Exercise requirements: Say how many lines in the entries below have the word "process" in them, giving only the number.

Supplied records:
######
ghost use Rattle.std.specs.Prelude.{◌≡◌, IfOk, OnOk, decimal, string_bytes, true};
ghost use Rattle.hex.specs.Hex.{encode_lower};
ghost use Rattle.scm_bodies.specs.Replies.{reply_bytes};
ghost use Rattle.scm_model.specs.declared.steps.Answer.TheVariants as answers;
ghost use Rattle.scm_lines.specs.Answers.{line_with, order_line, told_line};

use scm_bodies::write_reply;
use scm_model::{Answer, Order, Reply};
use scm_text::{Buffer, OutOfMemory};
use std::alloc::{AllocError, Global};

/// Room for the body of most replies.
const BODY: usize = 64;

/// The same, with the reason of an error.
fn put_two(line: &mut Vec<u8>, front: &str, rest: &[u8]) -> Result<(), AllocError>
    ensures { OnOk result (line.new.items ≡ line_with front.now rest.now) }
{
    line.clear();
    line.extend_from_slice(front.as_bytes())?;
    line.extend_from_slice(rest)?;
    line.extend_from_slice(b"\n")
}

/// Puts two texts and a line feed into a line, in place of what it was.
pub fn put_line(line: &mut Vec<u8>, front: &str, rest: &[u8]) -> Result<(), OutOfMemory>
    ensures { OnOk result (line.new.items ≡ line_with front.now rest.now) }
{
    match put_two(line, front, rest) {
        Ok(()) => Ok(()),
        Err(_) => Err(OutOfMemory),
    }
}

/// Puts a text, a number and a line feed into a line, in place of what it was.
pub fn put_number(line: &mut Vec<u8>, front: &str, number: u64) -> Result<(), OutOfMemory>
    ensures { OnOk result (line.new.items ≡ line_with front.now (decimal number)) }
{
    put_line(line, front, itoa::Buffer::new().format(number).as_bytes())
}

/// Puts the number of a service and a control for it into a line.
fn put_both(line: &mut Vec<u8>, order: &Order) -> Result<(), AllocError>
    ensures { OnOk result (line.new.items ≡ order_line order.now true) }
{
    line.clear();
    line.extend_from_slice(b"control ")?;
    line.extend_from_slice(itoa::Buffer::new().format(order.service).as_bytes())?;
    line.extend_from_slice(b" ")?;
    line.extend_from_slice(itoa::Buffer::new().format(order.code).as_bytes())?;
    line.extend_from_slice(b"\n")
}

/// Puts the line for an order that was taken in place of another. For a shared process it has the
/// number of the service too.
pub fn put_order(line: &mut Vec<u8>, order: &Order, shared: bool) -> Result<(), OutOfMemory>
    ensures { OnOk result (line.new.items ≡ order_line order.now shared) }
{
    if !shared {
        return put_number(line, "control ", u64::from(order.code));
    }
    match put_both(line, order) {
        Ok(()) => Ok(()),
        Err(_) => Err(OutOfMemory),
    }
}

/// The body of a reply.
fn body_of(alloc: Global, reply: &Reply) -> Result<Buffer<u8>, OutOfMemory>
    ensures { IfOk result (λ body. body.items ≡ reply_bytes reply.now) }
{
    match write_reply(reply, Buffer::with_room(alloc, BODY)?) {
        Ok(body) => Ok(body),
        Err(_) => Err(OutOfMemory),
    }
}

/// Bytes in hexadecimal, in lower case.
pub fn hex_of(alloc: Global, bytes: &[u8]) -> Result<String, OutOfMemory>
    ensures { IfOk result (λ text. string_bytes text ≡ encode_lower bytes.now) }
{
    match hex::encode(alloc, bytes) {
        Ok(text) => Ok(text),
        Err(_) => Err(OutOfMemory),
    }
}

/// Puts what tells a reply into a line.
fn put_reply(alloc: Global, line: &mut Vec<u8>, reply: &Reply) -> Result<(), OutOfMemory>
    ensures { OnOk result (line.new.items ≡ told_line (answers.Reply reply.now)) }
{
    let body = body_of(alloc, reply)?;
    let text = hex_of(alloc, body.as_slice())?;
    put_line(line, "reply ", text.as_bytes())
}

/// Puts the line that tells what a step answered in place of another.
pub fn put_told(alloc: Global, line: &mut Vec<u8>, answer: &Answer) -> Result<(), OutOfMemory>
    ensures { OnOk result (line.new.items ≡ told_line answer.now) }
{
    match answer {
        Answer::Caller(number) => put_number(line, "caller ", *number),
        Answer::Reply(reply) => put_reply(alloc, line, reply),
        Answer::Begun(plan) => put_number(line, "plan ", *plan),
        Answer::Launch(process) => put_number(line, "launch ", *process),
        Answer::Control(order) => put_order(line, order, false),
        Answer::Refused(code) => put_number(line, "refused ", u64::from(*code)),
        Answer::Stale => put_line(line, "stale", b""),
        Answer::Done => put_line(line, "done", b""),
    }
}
######
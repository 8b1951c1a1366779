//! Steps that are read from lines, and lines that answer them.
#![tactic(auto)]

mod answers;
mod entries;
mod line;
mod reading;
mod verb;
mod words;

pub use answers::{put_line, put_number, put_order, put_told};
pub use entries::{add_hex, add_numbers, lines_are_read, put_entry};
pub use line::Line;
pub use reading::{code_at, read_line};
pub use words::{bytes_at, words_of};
######
Solved exercise: 2